▶ _Task to complete_
Return the lines below that contain the word "lists".

======== Source material

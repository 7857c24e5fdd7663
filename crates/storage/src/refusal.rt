// What a storage says where it declines a call.
ghost use Rattle.std.specs.Prelude.{◌≡◌, List, [], ◌∷◌, Some};
ghost use Rattle.storage.specs.Refusals.{Step, spelled, step, nth, steps, number, bad_mount, printed, chain_of};

use std::fmt;

// What the kinds of storage are called; a kind of another crate is `Other`.
#[derive(Clone, Copy, PartialEq, Eq, Debug)]
pub enum Name {
    Image,
    Sector,
    Partition,
    Cache,
    Other,
}

impl Name {
    // The one place that spells the names; Display rests on it.
    pub fn text(self) -> &'static str
        ensures { result.now ≡ spelled self }
    {
        match self {
            Name::Image => "image",
            Name::Sector => "sector",
            Name::Partition => "partition",
            Name::Cache => "cache",
            Name::Other => "other",
        }
    }

    // The link of a storage of this name that was called with an offset.
    pub fn at(self, offset: usize) -> Link
        ensures { step result ≡ record { name = spelled self; offset = offset } }
    {
        Link { name: self, offset }
    }
}

impl fmt::Display for Name {
    ghost output = { λ n. Some (spelled n) };

    fn fmt<W: fmt::Write>(&self, f: &mut fmt::Formatter<W>) -> fmt::Result {
        f.write_str(self.text())
    }
}

// One storage on the way down: its name, and the offset that it was called with.
#[derive(Clone, Copy, PartialEq, Eq, Debug)]
pub struct Link {
    pub name: Name,
    pub offset: usize,
}

impl fmt::Display for Link {
    ghost output = { λ l. Some (printed l) };

    fn fmt<W: fmt::Write>(&self, f: &mut fmt::Formatter<W>) -> fmt::Result {
        write!(f, "({} {})", self.name, self.offset)
    }
}

// A fault that lists the storages it came through, from the top.
pub trait Chain {
    ghost links: { Self → List Step };

    fn link(&self, i: usize) -> Option<Link>
        ensures { steps result ≡ nth (links self.now) i };
}

// The fault of a storage that has none below.
impl Chain for Link {
    ghost links = { λ l. step l ∷ [] };

    fn link(&self, i: usize) -> Option<Link> {
        (i == 0).then_some(*self)
    }
}

// The fault of a layer: its own link, and the fault of the storage below, whole.
#[derive(Debug, Drop)]
pub struct LayerFault<F> {
    pub link: Link,
    pub below: F,
}

impl<F: Chain> Chain for LayerFault<F> {
    ghost links = { λ f. step f.link ∷ F.Chain.links f.below };

    fn link(&self, i: usize) -> Option<Link> {
        match i {
            0 => Some(self.link),
            _ => self.below.link(i - 1),
        }
    }
}

// Why a storage declined: the range passes its size, or it does not live.
#[derive(Debug, Drop)]
pub enum Refusal<O, G> {
    Outside(O),
    Gone(G),
}

impl<O, G> Refusal<O, G> {
    // Its number in the table of refusals, which programs print. Nothing is generic over refusals, so
    // there is no trait for it.
    pub fn number(&self) -> u8
        ensures { result ≡ number self.now }
    {
        match self {
            Refusal::Outside(_) => 1,
            Refusal::Gone(_) => 2,
        }
    }
}

// What a refusal lists is what its fault lists.
impl<O: Chain, G: Chain> Chain for Refusal<O, G> {
    ghost links = { chain_of O.Chain.links G.Chain.links };

    fn link(&self, i: usize) -> Option<Link> {
        match self {
            Refusal::Outside(fault) => fault.link(i),
            Refusal::Gone(fault) => fault.link(i),
        }
    }
}

// A mount or a cut that was declined, with what it was given.
#[derive(Debug, Drop)]
pub struct BadMount<T> {
    pub given: T,
}

impl<T> BadMount<T> {
    // Its number in the table of refusals, which programs print.
    pub fn number(&self) -> u8
        ensures { result ≡ bad_mount }
    {
        3
    }
}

================

▶ _Response_
// A fault that lists the storages it came through, from the top.
// What a refusal lists is what its fault lists.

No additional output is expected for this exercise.